从上图可以看出,会员用户使用较有规律,有固定的出行方式,表现在早晚高峰的出现。非会员用户只是临时使用,从量上看较为随机

回归预测

train = pd.read_csv('./data/train.csv')
test = pd.read_csv('./data/test.csv')
train['date'] = train.datetime.apply(lambda x: x.split()[0])
train['hour'] = train.datetime.apply(lambda x: int(x.split()[1].split(':')[0]))
begin = datetime(2011, 1, 1)
train['pirod'] = train.date.apply(lambda x: (datetime.strptime(x, "%Y-%m-%d") - begin).days)
train = train.drop(['datetime'], axis=1)
train = train[np.abs(train['count'] - train['count'].mean()) <= (3 * train['count'].std())]
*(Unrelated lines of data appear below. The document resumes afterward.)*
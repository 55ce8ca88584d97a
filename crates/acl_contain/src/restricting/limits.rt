//! What shows, for one right, which ALLOWs of a list exceed the bound.
ghost use Rattle.acl_contain.specs.internal.LimitTables.{HaveTables};

use acl_normal::internal::Placing;

/// What shows, for one right, whether an ALLOW of the list exceeds the bound.
#[derive(Drop)]
pub(crate) struct Limits {
    /// For each principal, the first DENY of the list and the first ACE of the bound that concern it.
    pub(crate) placings: Vec<Placing>,
    /// By place in the bound, one more than the greatest place of the first DENY of the list among those principals
    /// that the bound denies the right before, and that may overlap with a user.
    pub(crate) users: Vec<usize>,
    /// The same for those that may overlap with a principal that is no user.
    pub(crate) others: Vec<usize>,
    ghost tables: { HaveTables placings.items users.items others.items },
}
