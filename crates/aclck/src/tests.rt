//! Tests of the commands over devices in memory, one file per command. The head of each file says where its expected
//! values are from. The tests of the modules `ample` need enough memory; every other test accepts that memory runs out.

mod ample;
mod bridge;
mod calc_mask;
mod check_nfs;
mod check_nfs_devices;
mod check_posix;
mod child;
mod chmod;
mod compare;
mod create;
mod encode;
mod harness;
mod lists;
mod mode;
mod normalize;
mod normalize_inherit;
mod scarce;
mod show_nfs;
mod show_posix;
mod table;
mod texts;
test['date'] = test.datetime.apply(lambda x: x.split()[0])
test['hour'] = test.datetime.apply(lambda x: int(x.split()[1].split(':')[0]))
test['pirod'] = test.date.apply(lambda x: (datetime.strptime(x, "%Y-%m-%d") - begin).days)
submmit_datetime = test['datetime']
test = test.drop(['datetime'], axis=1)
删去体感温度”atemp”,因其与”temp”具有高度的线性相关性
train = train.drop(['atemp'], axis=1)
test = test.drop(['atemp'], axis=1)
test.head(1)
train.head(1)
season holiday workingday weather temp humidity windspeed date hour pirod
0 1 0 1 1 10.66 56 26.0027 2011-01-20 0 19
season holiday workingday weather temp humidity windspeed casual registered count date hour pirod
0 1 0 0 1 9.84 81 0.0 3 13 16 2011-01-01 0 0
test.drop(['date'], axis=1).head(1)
train.drop(['date', 'casual', 'registered', 'count'], axis=1).head(1)
season holiday workingday weather temp humidity windspeed hour pirod
0 1 0 1 1 10.66 56 26.0027 0 19
season holiday workingday weather temp humidity windspeed hour pirod
0 1 0 0 1 9.84 81 0.0 0 0
xArr = train.drop(['date','casual', 'registered', 'count'], axis=1).as_matrix()
label = train['count'].as_matrix()
test_arr = test.drop(['date'], axis=1).as_matrix()

局部线性回归

最先想到的是课内预测效果较好的局部线性回归,函数依然不变,将dataframe转成array后代入计算。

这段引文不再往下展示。